# Looking to move to canaries



## Graham055 (Aug 23, 2009)

Hi all, just trying to get some feed back on life in the canaries ! been over few times, luv the weather & the pace of life but know it must be different once over there to live, whats the main obstacles when moving, getting accom, health care & jobs ?

Any help appreciated

Gray


----------



## jojo (Sep 20, 2007)

Graham055 said:


> Hi all, just trying to get some feed back on life in the canaries ! been over few times, luv the weather & the pace of life but know it must be different once over there to live, whats the main obstacles when moving, getting accom, health care & jobs ?
> 
> Any help appreciated
> 
> Gray



The main obsacle will be getting a job, so if thats pivitol to moving there then thats your first obstacle.
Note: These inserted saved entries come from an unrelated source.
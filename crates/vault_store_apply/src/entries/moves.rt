//! A bucket that moves to another department.
ghost use Rattle.std.specs.Prelude.{◌≡◌, ◌+◌, false, Some, IfOk, OnOk};
ghost use Rattle.sqlite.specs.Held.{state};
ghost use Rattle.sqlite.specs.State.{HasCleanDisk};
ghost use Rattle.vault_base.specs.Days.{day};
ghost use Rattle.vault_core_model.specs.declared.change.Change.TheVariants as change;
ghost use Rattle.vault_core_model.specs.Totals.{IsRowFor, bucket_bytes, bucket_weight};
ghost use Rattle.vault_core_model.specs.Vault.{Vault, config_of};
ghost use Rattle.vault_store_model.specs.Keeping.{Keeps};
ghost use Rattle.vault_store_model.specs.Sums.{HandsOver, Receives};
ghost use Rattle.vault_store_apply.specs.Applies.{Changes, MayLeaveChanged};
ghost use Rattle.vault_store_model.specs.Known.{AreKnown};
ghost use Rattle.vault_store_apply.specs.Known.{IsKnownOf, IsOpen};
ghost use Rattle.vault_store_reads.specs.Quiet.{OnlyReads, IsOpenIfOk};
ghost use Rattle.vault_store_edits.specs.Commits.{KeepsIfErr};

use crate::commit::commit_part;
use crate::entries::context::{read_config, read_sums};
use crate::parts::moves::MovedBucket;
use sqlite::{Alter, Connection, Error, ErrorCode};
use vault_base::moment::Moment;
use vault_base::name::{BucketName, DeptName};
use vault_core_model::records::BucketConfig;
use vault_store_model::known::Known;
use vault_store_reads::meta::read_moves;
use vault_store_walks::held::read_bucket_held;
use vault_tally::row::Row;

/// The number after n moves. `TooBig` beyond 32 bits.
fn next_number(moves: u32) -> Result<u32, Error>
    ensures { IfOk result (λ number. number ≡ moves + 1) }
{
    if moves == u32::MAX {
        return Err(Error::SqliteFailure(ErrorCode::TooBig));
    }
    Ok(moves + 1)
}

/// How often a bucket was moved.
fn find_moves<S: Alter>(conn: &mut Connection<S>, known: &Known) -> Result<u32, Error>
    requires { IsOpen S.Store conn.old }
    ensures value { HasCleanDisk (state S.Store conn.new) → IfOk result (λ moves. (v : Vault) → Keeps (state S.Store conn.old) v → AreKnown known.now v → moves ≡ v.moves) }
    ensures open { IsOpenIfOk S.Store conn.new result }
    ensures read { OnlyReads S.Store conn.old conn.new }
{
    match known.moves() {
        Some(moves) => Ok(moves),
        None => read_moves(conn),
    }
}

/// The number of the next move.
fn find_number<S: Alter>(conn: &mut Connection<S>, known: &Known) -> Result<u32, Error>
    requires { IsOpen S.Store conn.old }
    ensures value { HasCleanDisk (state S.Store conn.new) → IfOk result (λ number. (v : Vault) → Keeps (state S.Store conn.old) v → AreKnown known.now v → number ≡ v.moves + 1) }
    ensures open { IsOpenIfOk S.Store conn.new result }
    ensures read { OnlyReads S.Store conn.old conn.new }
{
    let moves = find_moves(conn, known)?;
    next_number(moves)
}

/// The bytes and the weight of a bucket's held versions.
fn find_held<S: Alter>(
    conn: &mut Connection<S>,
    known: &Known,
    bucket: &BucketName,
) -> Result<(u64, u64), Error>
    requires { IsOpen S.Store conn.old }
    ensures value { HasCleanDisk (state S.Store conn.new) → IfOk result (λ held. (v : Vault) → Keeps (state S.Store conn.old) v → AreKnown known.now v
        → (held.0 ≡ bucket_bytes v bucket.now) × (held.1 ≡ bucket_weight v bucket.now)) }
    ensures open { IsOpenIfOk S.Store conn.new result }
    ensures read { OnlyReads S.Store conn.old conn.new }
{
    match known.load(bucket) {
        Some(held) => Ok(held),
        None => read_bucket_held(conn, bucket),
    }
}

/// What moves: the bytes of the bucket's held versions, their weight, and the number of the move.
#[derive(Clone, Copy)]
struct Load {
    bytes: u64,
    weight: u64,
    number: u32,
}

/// Reads that.
fn read_load<S: Alter>(
    conn: &mut Connection<S>,
    known: &Known,
    bucket: &BucketName,
) -> Result<Load, Error>
    requires { IsOpen S.Store conn.old }
    ensures value { HasCleanDisk (state S.Store conn.new) → IfOk result (λ load. (v : Vault) → Keeps (state S.Store conn.old) v → AreKnown known.now v
        → (load.bytes ≡ bucket_bytes v bucket.now) × (load.weight ≡ bucket_weight v bucket.now) × (load.number ≡ v.moves + 1)) }
    ensures open { IsOpenIfOk S.Store conn.new result }
    ensures read { OnlyReads S.Store conn.old conn.new }
{
    let held = find_held(conn, known, bucket)?;
    let number = find_number(conn, known)?;
    Ok(Load {
        bytes: held.0,
        weight: held.1,
        number,
    })
}

/// The configuration of the bucket, the sums of the department that it names, and those of the one that
/// gets the bucket.
#[derive(Drop)]
struct Hands {
    config: BucketConfig,
    giver: Row,
    taker: Row,
}

/// Reads that; an error where there is no such bucket.
fn read_hands<S: Alter>(
    conn: &mut Connection<S>,
    known: &Known,
    bucket: &BucketName,
    dept: &DeptName,
) -> Result<Hands, Error>
    requires { IsOpen S.Store conn.old }
    ensures value { HasCleanDisk (state S.Store conn.new) → IfOk result (λ hands. (v : Vault) → Keeps (state S.Store conn.old) v → AreKnown known.now v
        → (Some hands.config ≡ config_of v bucket.now) × IsRowFor v hands.config.dept hands.giver × IsRowFor v dept.now hands.taker) }
    ensures read { OnlyReads S.Store conn.old conn.new }
{
    let config = read_config(conn, known, bucket)?;
    let giver = read_sums(conn, known, &config.dept)?;
    let taker = read_sums(conn, known, dept)?;
    Ok(Hands {
        config,
        giver,
        taker,
    })
}

/// The sums of a department that hands so much over at a moment.
fn without_load(sums: Row, load: Load, at: Moment) -> Row
    ensures { HandsOver sums load.bytes load.weight (day at) result }
{
    let mut sums = sums;
    sums.hand_over(load.bytes, load.weight, at.day());
    sums
}

/// The sums of a department that receives so much at a moment.
fn with_load(sums: Row, load: Load, at: Moment) -> Row
    ensures { Receives sums load.bytes (day at) result }
{
    let mut sums = sums;
    sums.receive(load.bytes, at.day());
    sums
}

/// Moves a bucket to another department: its held versions get a tenure, and both departments their sums.
pub fn move_bucket<S: Alter>(
    conn: &mut Connection<S>,
    known: &Known,
    at: Moment,
    name: &BucketName,
    dept: &DeptName,
) -> Result<(), Error>
    requires mode { conn.old.in_transaction ≡ false }
    requires known { IsKnownOf S.Store conn.old known.now }
    ensures mode { conn.new.in_transaction ≡ false }
    ensures open { IsOpenIfOk S.Store conn.new result }
    ensures done { HasCleanDisk (state S.Store conn.new) → OnOk result (Changes (state S.Store conn.old) (state S.Store conn.new) at (change.MoveBucket name.now dept.now)) }
    ensures nothing { KeepsIfErr S.Store conn.old conn.new result }
    ensures honest { HasCleanDisk (state S.Store conn.new) → HasCleanDisk (state S.Store conn.old) }
    ensures crash { MayLeaveChanged S.Store conn.old conn.new at (change.MoveBucket name.now dept.now) }
{
    let load = read_load(conn, known, name)?;
    let hands = read_hands(conn, known, name, dept)?;
    let handed = without_load(hands.giver, load, at);
    let received = with_load(hands.taker, load, at);
    let part = MovedBucket {
        at,
        name,
        number: load.number,
        owner: &hands.config.dept,
        handed,
        dept,
        received,
    };
    let moved = commit_part(conn, at, &part);
    drop(hands);
    moved
}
Apart from that, I believe the canaries are slightly more expensive than the main land, but the climate is more steady (not quite as hot in the summer, but not as cold in the winter to the main land). A fact finding mission could be in order??

jo xx


----------



## Suenneil (Feb 17, 2009)

Graham055 said:


> Hi all, just trying to get some feed back on life in the canaries ! been over few times, luv the weather & the pace of life but know it must be different once over there to live, whats the main obstacles when moving, getting accom, health care & jobs ?
> 
> Any help appreciated
> 
> Gray


Hi Gray

Welcome 

Jojo is spot on here ... if you need to work then thats got to be something you need to look into asap! I dont know if the unemployment figures for the Islands are on a par (or worse) than the mainland - but its currently running just under 19% here which is awful! even in comparison to the UK which I believe is just under 8% at the moment ...... 

Moving / accomodation / health care are relatively simple to sort out - but the jobs are the stumbling block for many people at the moment! 

Sue :ranger:


----------